The problem at the heart of the matter is that Turkey lends itself all too easily to simplistic dichotomies and to exoticism. The currency of these dichotomies, in turn, reveals an unmistakable, residual orientalism, as in Edward W. Said’s framing. Turkey is, invariably, a place where “East meets West,” where “secularism” and “Westernization” fatefully collide with “Islam.” Western scholarship has long since abandoned the modernization paradigm of the 1950s and 1960s that was applied to the Middle East by orientalists—of whom Bernard Lewis was a leading exponent—and into which Turkey was fitted as a model example of a “modernizing” Muslim country. The judgment of Patrick Kinross, the biographer of Kemal Atatürk, that the founding father of Turkey “dragged his country from the Middle Ages to the twentieth century,” couldn’t sound more anachronistic—and unacceptably orientalist—today. Yet orientalism nonetheless continues to hold sway.
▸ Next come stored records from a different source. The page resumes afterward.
//! Steps on a memo, and what it then is, as texts.
//!
//! A tree stands with its inputs before its nodes: `s` and `u` scan the tables 0 and 1, `f` filters by $0 > 1, `p` projects $0, `j` joins on
//! TRUE, a digit is the hole of that set. So `spf` is Filter(Project(Scan)). A step is a tree, which is seeded, or `2=TREE`, which
//! registers the tree in the set 2.
ghost use Rattle.std.specs.Prelude.{IfOk};
ghost use Rattle.memo_sets.specs.Seen.{sets_of, HasRoom};

use crate::{MEMBER_LIMIT, Member, Memo, MemoFault, Registered};
use cal_expr::Expr;
use cal_rel::{JoinKind, PlanInfo, Rel, RelType};
use cal_schema::{AdapterKind, ColumnDef, Schema, TableDef};
use cal_value::{Interval, List, NoMemory, Op, SqlText, SqlType, Value};
use std::alloc::Global;
use std::test::Fail;

// ---- tables

fn column(alloc: Global, hi: i128) -> Result<ColumnDef, Fail> {
    let kind = SqlType::integer(false, Interval::Range { lo: 1, hi });
    let name = SqlText::of(alloc, "A")?;
    Ok(ColumnDef { name, kind })
}

fn table(alloc: Global, name: &str, max_rows: u64, hi: i128) -> Result<TableDef, Fail> {
    let mut columns = List::new(alloc);
    columns.push(column(alloc, hi)?)?;
    Ok(TableDef {
        schema: SqlText::of(alloc, "")?,
        name: SqlText::of(alloc, name)?,
        columns,
        adapter: AdapterKind::Mem,
        file: SqlText::of(alloc, "")?,
        max_rows,
        primary_key: List::new(alloc),
    })
}

// T has at most 10 rows of a number up to 9, U at most 3 of one up to 20.
fn schema(alloc: Global) -> Result<Schema, Fail> {
    let mut tables = List::new(alloc);
    tables.push(table(alloc, "T", 10, 9)?)?;
    tables.push(table(alloc, "U", 3, 20)?)?;
    Ok(Schema {
        default_schema: None,
        tables,
    })
}

// ---- trees

fn above_one(alloc: Global, input: Rel) -> Result<Rel, NoMemory> {
    let one = Expr::Literal(Value::Int(1));
    let predicate = Expr::binary(alloc, Op::Greater, Expr::Column(0), one)?;
    Rel::filter(alloc, input, predicate)
}

fn first_column(alloc: Global, input: Rel) -> Result<Rel, NoMemory> {
    let mut items = List::new(alloc);
    items.push(Expr::Column(0))?;
    Rel::project(alloc, input, items)
}

fn joined(alloc: Global, left: Rel, right: Rel) -> Result<Rel, NoMemory> {
    let on = Expr::Literal(Value::Bool(true));
    Rel::join(alloc, JoinKind::Inner, left, right, on)
}

fn input(trees: &mut List<Rel>) -> Rel {
    match trees.pop() {
        Some(tree) => tree,
        None => Rel::Scan(9),
    }
}

fn node(alloc: Global, trees: &mut List<Rel>, sign: u8) -> Result<Rel, NoMemory> {
    match sign {
        b's' => Ok(Rel::Scan(0)),
        b'u' => Ok(Rel::Scan(1)),
        b'f' => above_one(alloc, input(trees)),
        b'p' => first_column(alloc, input(trees)),
        b'j' => {
            let right = input(trees);
            joined(alloc, input(trees), right)
        }
        digit => Ok(Rel::Hole(digit.saturating_sub(b'0') as u32)),
    }
}

fn tree(alloc: Global, text: &str) -> Result<Rel, NoMemory> {
    let mut trees = List::new(alloc);
    for sign in text.as_bytes() {
        let node = node(alloc, &mut trees, *sign)?;
        trees.push(node)?;
    }
    Ok(input(&mut trees))
}

// ---- steps

fn push_number(out: &mut String, number: u32) -> Result<(), NoMemory> {
    let text = match number {
        0 => "0",
        1 => "1",
        2 => "2",
        3 => "3",
        4 => "4",
        5 => "5",
        6 => "6",
        7 => "7",
        8 => "8",
        9 => "9",
        10 => "10",
        20 => "20",
        30 => "30",
        1023 => "1023",
        1024 => "1024",
        _ => "?",
    };
    out.push_str(text)?;
    Ok(())
}

fn push_fault(out: &mut String, fault: MemoFault) -> Result<(), NoMemory> {
    match fault {
        MemoFault::MemoFull { .. } => Ok(out.push_str(" full")?),
        MemoFault::NoMemory => Err(NoMemory),
    }
}

fn push_registered(out: &mut String, answer: Registered) -> Result<(), NoMemory> {
    match answer {
        Registered::Added(set) => {
            out.push_str(" added ")?;
            push_number(out, set)
        }
        Registered::Known(set) => {
            out.push_str(" known ")?;
            push_number(out, set)
        }
        Registered::Merged { kept, gone } => {
            out.push_str(" merged ")?;
            push_number(out, kept)?;
            push_number(out, gone)
        }
    }
}

fn seed(
    alloc: Global,
    memo: &mut Memo,
    info: &PlanInfo,
    rel: Rel,
    out: &mut String,
) -> Result<(), NoMemory>
    requires { HasRoom (sets_of memo.old) }
    ensures { HasRoom (sets_of memo.new) }
{
    let answer = memo.seeded(alloc, &rel, info);
    drop(rel);
    match answer {
        Ok(set) => {
            out.push_str(" ")?;
            push_number(out, set)
        }
        Err(fault) => push_fault(out, fault),
    }
}

fn register(
    alloc: Global,
    memo: &mut Memo,
    info: &PlanInfo,
    set: u32,
    rel: Rel,
    out: &mut String,
) -> Result<(), NoMemory>
    requires { HasRoom (sets_of memo.old) }
    ensures { HasRoom (sets_of memo.new) }
{
    let answer = memo.registered(alloc, set, &rel, info);
    drop(rel);
    match answer {
        Ok(answer) => push_registered(out, answer),
        Err(fault) => push_fault(out, fault),
    }
}

fn number(text: &str) -> u32 {
    match text.as_bytes().first() {
        Some(digit) => digit.saturating_sub(b'0') as u32,
        None => 0,
    }
}

fn step(
    alloc: Global,
    memo: &mut Memo,
    info: &PlanInfo,
    step: &str,
    out: &mut String,
) -> Result<(), NoMemory>
    requires { HasRoom (sets_of memo.old) }
    ensures { HasRoom (sets_of memo.new) }
{
    match step.split_once('=') {
        Some((set, text)) => {
            let rel = tree(alloc, text)?;
            register(alloc, memo, info, number(set), rel, out)
        }
        None => {
            let rel = tree(alloc, step)?;
            seed(alloc, memo, info, rel, out)
        }
    }
}

// ---- what a memo is

fn push_hole(out: &mut String, rel: &Rel) -> Result<(), NoMemory> {
    match rel {
        Rel::Hole(set) => push_number(out, *set),
        _ => Ok(out.push_str("?")?),
    }
}

fn push_node(out: &mut String, rel: &Rel) -> Result<(), NoMemory> {
    match rel {
        Rel::Scan(0) => Ok(out.push_str("s")?),
        Rel::Scan(_) => Ok(out.push_str("u")?),
        Rel::Filter { input, .. } => {
            push_hole(out, input.get())?;
            Ok(out.push_str("f")?)
        }
        Rel::Project { input, .. } => {
            push_hole(out, input.get())?;
            Ok(out.push_str("p")?)
        }
        Rel::Join { left, right, .. } => {
            push_hole(out, left.get())?;
            push_hole(out, right.get())?;
            Ok(out.push_str("j")?)
        }
        _ => Ok(out.push_str("?")?),
    }
}

// The members, as ` SET:NODE`.
fn push_members(out: &mut String, members: &List<Member>) -> Result<(), NoMemory> {
    for member in members.as_slice() {
        out.push_str(" ")?;
        push_number(out, member.set)?;
        out.push_str(":")?;
        push_node(out, &member.rel)?;
    }
    Ok(())
}

fn greatest(t: &RelType) -> u32 {
    match t.columns.get(0) {
        Some(column) => match column.interval {
            Interval::Range { hi, .. } => hi.clamp(0, 1000) as u32,
            Interval::Never => 0,
        },
        None => 0,
    }
}

fn push_type(out: &mut String, t: &Option<RelType>) -> Result<(), NoMemory> {
    match t {
        Some(t) => {
            push_number(out, t.bound.min(1000) as u32)?;
            out.push_str("/")?;
            push_number(out, greatest(t))
        }
        None => Ok(out.push_str("-")?),
    }
}

// The types of the sets, each by its bound of rows and the greatest number of its first column, `-` for a number that is gone.
fn push_types(out: &mut String, types: &List<Option<RelType>>) -> Result<(), NoMemory> {
    for t in types.as_slice() {
        out.push_str(" ")?;
        push_type(out, t)?;
    }
    Ok(())
}

// What each number has become, up to the first that was never made.
fn push_numbers(out: &mut String, memo: &Memo) -> Result<(), NoMemory> {
    for k in 0..10 {
        match memo.now(k) {
            Some(now) => {
                out.push_str(" ")?;
                push_number(out, now)?;
            }
            None => return Ok(()),
        }
    }
    Ok(())
}

fn push_memo(out: &mut String, memo: &Memo) -> Result<(), NoMemory> {
    out.push_str(" |")?;
    push_members(out, memo.members())?;
    out.push_str(" |")?;
    push_types(out, memo.types())?;
    out.push_str(" |")?;
    push_numbers(out, memo)?;
    out.push_str(" | ")?;
    push_number(out, memo.added())
}

// A memo with nothing in it, to which so many members seem to have been added.
fn empty(alloc: Global, added: u32) -> Memo
    ensures { HasRoom (sets_of result) }
{
    let mut memo = Memo::new(alloc);
    memo.added = added.min(MEMBER_LIMIT);
    memo
}

// The answers to the steps, and the memo after them: members, types, numbers, and how many members were added.
fn told(alloc: Global, info: &PlanInfo, added: u32, steps: &str) -> Result<String, NoMemory> {
    let mut out = String::new(alloc);
    let mut memo = empty(alloc, added);
    for text in steps.split(' ') {
        step(alloc, &mut memo, info, text, &mut out)?;
    }
    push_memo(&mut out, &memo)?;
    drop(memo);
    Ok(out)
}

fn holds(alloc: Global, info: &PlanInfo, added: u32, row: &str) -> Result<bool, NoMemory> {
    match row.split_once(" =>") {
        Some((steps, text)) => {
            let told = told(alloc, info, added, steps)?;
            Ok(told.as_str() == text)
        }
        None => Ok(false),
    }
}

// The first row that doesn't hold where so many members seem to have been added before; empty where there is none.
pub(crate) fn first_wrong(
    alloc: Global,
    added: u32,
    table: &'static str,
) -> Result<&'static str, Fail> {
    let schema = schema(alloc)?;
    let (tiles, sets) = (List::new(alloc), List::new(alloc));
    let info = PlanInfo::new(&schema, &tiles, &sets);
    for row in table.lines() {
        let holds = holds(alloc, &info, added, row)?;
        if !holds {
            return Ok(row);
        }
    }
    Ok("")
}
Turkish politics is still understood in essentialist terms, within a framework that pits “Western” against “Islamic.”
The only thing that changed when the moderate Islamists came to power was that the role that had traditionally been ascribed to the Turkish actors was reversed: now it was the former Islamists, who had recast themselves as “conservative democrats,” that were assigned the role of the modernizers, while the former heroes of the modernization paradigm, the secularists, were redefined as reactionaries who impeded democratization. In practice, nothing changed.
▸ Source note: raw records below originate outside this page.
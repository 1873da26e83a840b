//! Groups of sorted rows.
ghost use Rattle.std.specs.Prelude.{◌≡◌, ◌<◌, ◌≤◌, ◌++◌, [], length, IfOk, slice_index_or, slice_range, take_while};
ghost use Rattle.std.specs.List.{list_all, range_with_len};
ghost use Rattle.cal_value.specs.Equal.{value_eq};
ghost use Rattle.cal_value.specs.Order.{column_of, columns_of};
ghost use Rattle.exec_ops.specs.Group as spec;
ghost use Rattle.exec_ops.specs.Group.{by_key, called, same_key};
ghost use Rattle.exec_ops.specs.Ready.{CanGroup};
ghost use Rattle.exec_ops.specs.Sort.{IsSortedOn};
ghost use Rattle.exec_ops.specs.Steps.{end_of_run};

use crate::groups::{all_places, group_row, whole_group};
use cal_schema::AggCall;
use cal_value::{List, NoMemory, Row, Value, values_at};
use std::alloc::Global;

fn is_same_in(a: &Row, b: &Row, column: u32) -> bool
    ensures { result ≡ value_eq (column_of a.now column) (column_of b.now column) }
{
    let null = Value::Null;
    let a = a.get(column as usize).unwrap_or(&null);
    let b = b.get(column as usize).unwrap_or(&null);
    *a == *b
}

fn are_same_in(a: &Row, b: &Row, columns: &[u32]) -> bool
    ensures { result
        ≡ list_all (λ c. value_eq (column_of a.now c) (column_of b.now c)) columns.now }
{
    columns.iter().all(|column| is_same_in(a, b, *column))
}

#[tactic(auto, using(crate::proofs::SortedLemmas::key_rules))]
fn has_same_key(a: &Row, b: &Row, columns: &[u32]) -> bool
    ensures { result ≡ same_key columns.now a.now b.now }
{
    are_same_in(a, b, columns)
}

// How many rows from the front on have this row's key.
fn count_same(first: &Row, rows: &[Row], columns: &[u32]) -> usize
    ensures { result ≡ length (take_while (same_key columns.now first.now) rows.now) }
{
    rows.iter()
        .take_while(|row| has_same_key(first, row, columns))
        .count()
}

// The place behind the rows from this one on that have its key.
#[tactic(auto, using(crate::proofs::SortedLemmas::end_rules))]
fn end_of_group(rows: &List<Row>, columns: &[u32], start: usize) -> usize
    requires { start < length rows.now }
    ensures end { let first = slice_index_or rows.now start [] in
        result ≡ end_of_run (same_key columns.now first) rows.now start }
    ensures after { start < result }
    ensures within { result ≤ length rows.now }
{
    let rows = rows.as_slice();
    start + count_same(&rows[start], &rows[start..], columns)
}

// The group of the rows from one place up to another, with the key of the first. The places are those of all rows.
#[tactic(auto, using(crate::proofs::GroupLemmas::part_rules))]
fn group_between(
    alloc: Global,
    rows: &List<Row>,
    places: &[usize],
    start: usize,
    end: usize,
    groups: &[u32],
    calls: &List<AggCall>,
) -> Result<Row, NoMemory>
    requires ready { CanGroup calls.now rows.now }
    requires places { places.now ≡ range_with_len 0 (length rows.now) }
    requires start { start < end }
    requires end { end ≤ length rows.now }
    ensures { let first = slice_index_or rows.now start [] in
        let group = slice_range rows.now start end in
        IfOk result (λ row. row ≡ columns_of first groups.now ++ called calls.now group) }
{
    let key = values_at(alloc, &rows.as_slice()[start], groups)?;
    group_row(alloc, key, calls, rows, &places[start..end])
}

fn groups_in(
    alloc: Global,
    rows: &List<Row>,
    groups: &[u32],
    calls: &List<AggCall>,
) -> Result<List<Row>, NoMemory>
    requires ready { CanGroup calls.now rows.now }
    requires sorted { IsSortedOn groups.now rows.now }
    ensures { IfOk result (λ made. made ≡ by_key groups.now calls.now rows.now) }
{
    let places = all_places(alloc, rows.len())?;
    let mut made = List::new(alloc);
    let mut start = 0;
    while start < rows.len() {
        let end = end_of_group(rows, groups, start);
        let places = places.as_slice();
        let row = group_between(alloc, rows, places, start, end, groups, calls)?;
        made.push(row)?;
        start = end;
    }
    Ok(made)
}

/// The groups of rows that are sorted on these columns, the same list as that of `hash_group`. Keeps no keys of rows.
pub fn sorted_group(
    alloc: Global,
    rows: &List<Row>,
    groups: &List<u32>,
    calls: &List<AggCall>,
) -> Result<List<Row>, NoMemory>
    requires ready { CanGroup calls.now rows.now }
    requires sorted { IsSortedOn groups.now rows.now }
    ensures { IfOk result (λ made. made ≡ spec.group_rows groups.now calls.now rows.now) }
{
    if groups.is_empty() {
        return whole_group(alloc, rows, calls);
    }
    groups_in(alloc, rows, groups.as_slice(), calls)
}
Alain Rouquié, a French political scientist, advances the definition “hegemonic democracy” to describe regimes like Erdoğan’s Turkey (and Vladimir Putin’s Russia): they are not liberal democracies, because the rights of the minority and the rule of law are not respected; but neither are they dictatorships, because elections are held, and political alternation thus remains possible. Yet, this is increasingly so only in theory. Turkey may not be a dictatorship—elections are held, and President Erdoğan and his party continue to enjoy broad popular support—but the rule of law and freedom of expression remain as elusive as ever.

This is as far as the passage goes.